§ **Problem requirements**
Return all the data, word for word.

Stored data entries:
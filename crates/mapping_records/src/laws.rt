// Laws of reading and writing EIDs and records. Each function has an empty body and states one law.
ghost use Rattle.std.specs.Prelude.{◌≡◌, ◌↔◌, ◌++◌, ℕ, List, All, Option, None, IfSome, IsFalse, length};
ghost use Rattle.octets.specs.Rules.{first_failing};
ghost use Rattle.ip_headers.specs.declared.addr.Addr.{Addr};
ghost use Rattle.mapping_records.specs.Record.{canonical_record, record_rules, record_size, IsLawful, IsRecordAt, SpellsRecord};
ghost use Rattle.mapping_records.specs.declared.record.Record.{Record};
ghost use Rattle.mapping_records.specs.Eid.{canonical_eid, eid_at, eid_rules, InRangeEid, SpellsEid};
ghost use Rattle.mapping_records.specs.Eids.{covers_prefix, longest, IsLongest};
ghost use Rattle.mapping_records.specs.declared.eid.Eid.{Eid};

/// Law: the written octets of an EID spell it, whatever follows.
pub fn canonical_eid_spells()
    ensures { (iid : ℕ) (host : Option Addr) (rest : List ℕ) → InRangeEid iid host
        → SpellsEid (canonical_eid iid host ++ rest) (iid, host, length (canonical_eid iid host)) }
{}

/// Law: octets that obey the rules begin with exactly one EID, of one size.
pub fn one_eid_is_spelled()
    ensures spells { (base : ℕ) (octets : List ℕ) → first_failing (eid_rules base octets) ≡ None
        → SpellsEid octets (eid_at octets) }
    ensures one { (octets : List ℕ) (a b : ℕ × Option Addr × ℕ)
        → SpellsEid octets a → SpellsEid octets b → a ≡ b }
{}

/// Law: an EID that was written is read again, with exactly its octets consumed, whatever follows.
pub fn written_eid_is_read_again()
    ensures rules { (base iid : ℕ) (host : Option Addr) (rest : List ℕ) → InRangeEid iid host
        → first_failing (eid_rules base (canonical_eid iid host ++ rest)) ≡ None }
    ensures value { (iid : ℕ) (host : Option Addr) (rest : List ℕ) → InRangeEid iid host
        → eid_at (canonical_eid iid host ++ rest) ≡ (iid, host, length (canonical_eid iid host)) }
{}

/// Law: the written octets of a record spell it, whatever follows.
pub fn canonical_record_spells()
    ensures { (mapping : Record) (rest : List ℕ) → IsLawful mapping
        → SpellsRecord (canonical_record mapping ++ rest) mapping (length (canonical_record mapping)) }
{}

/// Law: octets that obey the rules begin with exactly one record, of one size.
pub fn one_record_is_spelled()
    ensures some { (base : ℕ) (octets : List ℕ) → first_failing (record_rules base octets) ≡ None
        → (mapping : Record) × IsRecordAt octets mapping }
    ensures spells { (base : ℕ) (octets : List ℕ) (mapping : Record)
        → first_failing (record_rules base octets) ≡ None → IsRecordAt octets mapping
        → SpellsRecord octets mapping (record_size octets) }
    ensures one { (octets : List ℕ) (a b : Record) (m n : ℕ)
        → SpellsRecord octets a m → SpellsRecord octets b n → (a ≡ b) × (m ≡ n) }
{}

/// Law: a record that was written is read again, with exactly its octets consumed, whatever
/// follows.
pub fn written_record_is_read_again()
    ensures rules { (base : ℕ) (mapping : Record) (rest : List ℕ) → IsLawful mapping
        → first_failing (record_rules base (canonical_record mapping ++ rest)) ≡ None }
    ensures value { (mapping read : Record) (rest : List ℕ) → IsLawful mapping
        → IsRecordAt (canonical_record mapping ++ rest) read → read ≡ mapping }
    ensures size { (mapping : Record) (rest : List ℕ) → IsLawful mapping
        → record_size (canonical_record mapping ++ rest) ≡ length (canonical_record mapping) }
{}

/// Law: the longest item that covers a prefix is one of the items, and covers it; no item that
/// covers it is longer. There is no longest one exactly where no item covers the prefix.
pub fn no_longer_one_covers<T>()
    ensures some { (key : T → Eid) (items : List T) (iid : ℕ) (addr : Addr) (len : ℕ)
        → IfSome (longest key items iid addr len) (IsLongest key items iid addr len) }
    ensures none { (key : T → Eid) (items : List T) (iid : ℕ) (addr : Addr) (len : ℕ)
        → (longest key items iid addr len ≡ None)
        ↔ All (λ item. IsFalse (covers_prefix (key item) iid addr len)) items }
{}
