// Reading of locators.
ghost use Rattle.std.specs.Prelude.{◌≡◌, ◌≤◌, ◌<◌, ◌+◌, ◌^◌, length, IfOk};
ghost use Rattle.octets.specs.Refusals.{refusal_of};
ghost use Rattle.octets.specs.Rules.{first_failing};
ghost use Rattle.mapping_records.specs.Locator.{flag_at, locator_at, locator_rules, locator_size, locators_at, locators_rules, locators_size};
ghost use Rattle.mapping_records.specs.Record.{RefusesBy};

use crate::places::{addr_at, addr_size, has_addr, refused};
use crate::{Locator, Locators, RecordFault};
use octets::{Refused, Why, big_16};
use std::alloc::Global;

/// The octets of the least locator. They bound the room for locators, so that a wrong count
/// reserves no more than the octets can hold.
const LEAST: usize = 12;

/// So many locators at the front of the octets, and the octets consumed.
pub(crate) fn read_locators(
    alloc: Global,
    count: u8,
    octets: &[u8],
    base: u32,
) -> Result<(Locators, u32), RecordFault>
    requires { base + length octets.now < 2 ^ 32 }
    ensures refused { RefusesBy (first_failing (locators_rules count base octets.now)) result }
    ensures value { IfOk result (λ read. read ≡ (locators_at count octets.now, locators_size count octets.now)) }
    ensures count { IfOk result (λ read. length read.0 ≡ count) }
    ensures inside { IfOk result (λ read. read.1 ≤ length octets.now) }
{
    let room = usize::from(count).min(octets.len() / LEAST);
    let mut locators = Locators::with_capacity(alloc, room)?;
    let mut at = 0;
    for _ in 0..count {
        let (_, rest) = octets.split_at(at as usize);
        let (locator, size) = read_locator(rest, base + at)?;
        locators.push(locator)?;
        at += size;
    }
    Ok((locators, at))
}

fn read_locator(octets: &[u8], base: u32) -> Result<(Locator, u32), Refused>
    requires { base + length octets.now < 2 ^ 32 }
    ensures refused { refusal_of result ≡ first_failing (locator_rules base octets.now) }
    ensures value { IfOk result (λ read. read ≡ (locator_at octets.now, locator_size octets.now)) }
    ensures inside { IfOk result (λ read. read.1 ≤ length octets.now) }
{
    if octets.len() < 8 {
        return Err(refused(base, Why::Short));
    }
    let afi = big_16(octets, 6);
    if !has_addr(afi) {
        return Err(refused(base + 6, Why::Afi));
    }
    let size = 8 + addr_size(afi);
    if octets.len() < size {
        return Err(refused(base + 8, Why::Short));
    }
    Ok((locator_at(octets), size as u32))
}

fn locator_at(octets: &[u8]) -> Locator
    requires { locator_size octets.now ≤ length octets.now }
    ensures { result ≡ locator_at octets.now }
{
    let flags = octets[5];
    Locator {
        addr: addr_at(big_16(octets, 6), octets, 8),
        priority: octets[0],
        weight: octets[1],
        m_priority: octets[2],
        m_weight: octets[3],
        local: flags / 4 % 2 == 1,
        probed: flags / 2 % 2 == 1,
        reachable: flags % 2 == 1,
    }
}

§ **Solution**
filename crates/mapping_records/src/laws.rt
// Laws of reading and writing EIDs and records. Each function has an empty body and states one law.
ghost use Rattle.std.specs.Prelude.{◌≡◌, ◌↔◌, ◌++◌, ℕ, List, All, Option, None, IfSome, IsFalse, length};
ghost use Rattle.octets.specs.Rules.{first_failing};
ghost use Rattle.ip_headers.specs.declared.addr.Addr.{Addr};
ghost use Rattle.mapping_records.specs.Record.{canonical_record, record_rules, record_size, IsLawful, IsRecordAt, SpellsRecord};
ghost use Rattle.mapping_records.specs.declared.record.Record.{Record};
ghost use Rattle.mapping_records.specs.Eid.{canonical_eid, eid_at, eid_rules, InRangeEid, SpellsEid};
ghost use Rattle.mapping_records.specs.Eids.{covers_prefix, longest, IsLongest};
ghost use Rattle.mapping_records.specs.declared.eid.Eid.{Eid};

/// Law: the written octets of an EID spell it, whatever follows.
pub fn canonical_eid_spells()
    ensures { (iid : ℕ) (host : Option Addr) (rest : List ℕ) → InRangeEid iid host
        → SpellsEid (canonical_eid iid host ++ rest) (iid, host, length (canonical_eid iid host)) }
{}

/// Law: octets that obey the rules begin with exactly one EID, of one size.
pub fn one_eid_is_spelled()
    ensures spells { (base : ℕ) (octets : List ℕ) → first_failing (eid_rules base octets) ≡ None
        → SpellsEid octets (eid_at octets) }
    ensures one { (octets : List ℕ) (a b : ℕ × Option Addr × ℕ)
        → SpellsEid octets a → SpellsEid octets b → a ≡ b }
{}

/// Law: an EID that was written is read again, with exactly its octets consumed, whatever follows.
pub fn written_eid_is_read_again()
    ensures rules { (base iid : ℕ) (host : Option Addr) (rest : List ℕ) → InRangeEid iid host
        → first_failing (eid_rules base (canonical_eid iid host ++ rest)) ≡ None }
    ensures value { (iid : ℕ) (host : Option Addr) (rest : List ℕ) → InRangeEid iid host
        → eid_at (canonical_eid iid host ++ rest) ≡ (iid, host, length (canonical_eid iid host)) }
{}

/// Law: the written octets of a record spell it, whatever follows.
pub fn canonical_record_spells()
    ensures { (mapping : Record) (rest : List ℕ) → IsLawful mapping
        → SpellsRecord (canonical_record mapping ++ rest) mapping (length (canonical_record mapping)) }
{}

/// Law: octets that obey the rules begin with exactly one record, of one size.
pub fn one_record_is_spelled()
    ensures some { (base : ℕ) (octets : List ℕ) → first_failing (record_rules base octets) ≡ None
        → (mapping : Record) × IsRecordAt octets mapping }
    ensures spells { (base : ℕ) (octets : List ℕ) (mapping : Record)
        → first_failing (record_rules base octets) ≡ None → IsRecordAt octets mapping
        → SpellsRecord octets mapping (record_size octets) }
    ensures one { (octets : List ℕ) (a b : Record) (m n : ℕ)
        → SpellsRecord octets a m → SpellsRecord octets b n → (a ≡ b) × (m ≡ n) }
{}

/// Law: a record that was written is read again, with exactly its octets consumed, whatever
/// follows.
pub fn written_record_is_read_again()
    ensures rules { (base : ℕ) (mapping : Record) (rest : List ℕ) → IsLawful mapping
        → first_failing (record_rules base (canonical_record mapping ++ rest)) ≡ None }
    ensures value { (mapping read : Record) (rest : List ℕ) → IsLawful mapping
        → IsRecordAt (canonical_record mapping ++ rest) read → read ≡ mapping }
    ensures size { (mapping : Record) (rest : List ℕ) → IsLawful mapping
        → record_size (canonical_record mapping ++ rest) ≡ length (canonical_record mapping) }
{}

/// Law: the longest item that covers a prefix is one of the items, and covers it; no item that
/// covers it is longer. There is no longest one exactly where no item covers the prefix.
pub fn no_longer_one_covers<T>()
    ensures some { (key : T → Eid) (items : List T) (iid : ℕ) (addr : Addr) (len : ℕ)
        → IfSome (longest key items iid addr len) (IsLongest key items iid addr len) }
    ensures none { (key : T → Eid) (items : List T) (iid : ℕ) (addr : Addr) (len : ℕ)
        → (longest key items iid addr len ≡ None)
        ↔ All (λ item. IsFalse (covers_prefix (key item) iid addr len)) items }
{}
// Reading of locators.
ghost use Rattle.std.specs.Prelude.{◌≡◌, ◌≤◌, ◌<◌, ◌+◌, ◌^◌, length, IfOk};
ghost use Rattle.octets.specs.Refusals.{refusal_of};
ghost use Rattle.octets.specs.Rules.{first_failing};
ghost use Rattle.mapping_records.specs.Locator.{flag_at, locator_at, locator_rules, locator_size, locators_at, locators_rules, locators_size};
ghost use Rattle.mapping_records.specs.Record.{RefusesBy};

use crate::places::{addr_at, addr_size, has_addr, refused};
use crate::{Locator, Locators, RecordFault};
use octets::{Refused, Why, big_16};
use std::alloc::Global;

/// The octets of the least locator. They bound the room for locators, so that a wrong count
/// reserves no more than the octets can hold.
const LEAST: usize = 12;

/// So many locators at the front of the octets, and the octets consumed.
pub(crate) fn read_locators(
    alloc: Global,
    count: u8,
    octets: &[u8],
    base: u32,
) -> Result<(Locators, u32), RecordFault>
    requires { base + length octets.now < 2 ^ 32 }
    ensures refused { RefusesBy (first_failing (locators_rules count base octets.now)) result }
    ensures value { IfOk result (λ read. read ≡ (locators_at count octets.now, locators_size count octets.now)) }
    ensures count { IfOk result (λ read. length read.0 ≡ count) }
    ensures inside { IfOk result (λ read. read.1 ≤ length octets.now) }
{
    let room = usize::from(count).min(octets.len() / LEAST);
    let mut locators = Locators::with_capacity(alloc, room)?;
    let mut at = 0;
    for _ in 0..count {
        let (_, rest) = octets.split_at(at as usize);
        let (locator, size) = read_locator(rest, base + at)?;
        locators.push(locator)?;
        at += size;
    }
    Ok((locators, at))
}

fn read_locator(octets: &[u8], base: u32) -> Result<(Locator, u32), Refused>
    requires { base + length octets.now < 2 ^ 32 }
    ensures refused { refusal_of result ≡ first_failing (locator_rules base octets.now) }
    ensures value { IfOk result (λ read. read ≡ (locator_at octets.now, locator_size octets.now)) }
    ensures inside { IfOk result (λ read. read.1 ≤ length octets.now) }
{
    if octets.len() < 8 {
        return Err(refused(base, Why::Short));
    }
    let afi = big_16(octets, 6);
    if !has_addr(afi) {
        return Err(refused(base + 6, Why::Afi));
    }
    let size = 8 + addr_size(afi);
    if octets.len() < size {
        return Err(refused(base + 8, Why::Short));
    }
    Ok((locator_at(octets), size as u32))
}

fn locator_at(octets: &[u8]) -> Locator
    requires { locator_size octets.now ≤ length octets.now }
    ensures { result ≡ locator_at octets.now }
{
    let flags = octets[5];
    Locator {
        addr: addr_at(big_16(octets, 6), octets, 8),
        priority: octets[0],
        weight: octets[1],
        m_priority: octets[2],
        m_weight: octets[3],
        local: flags / 4 % 2 == 1,
        probed: flags / 2 % 2 == 1,
        reachable: flags % 2 == 1,
    }
}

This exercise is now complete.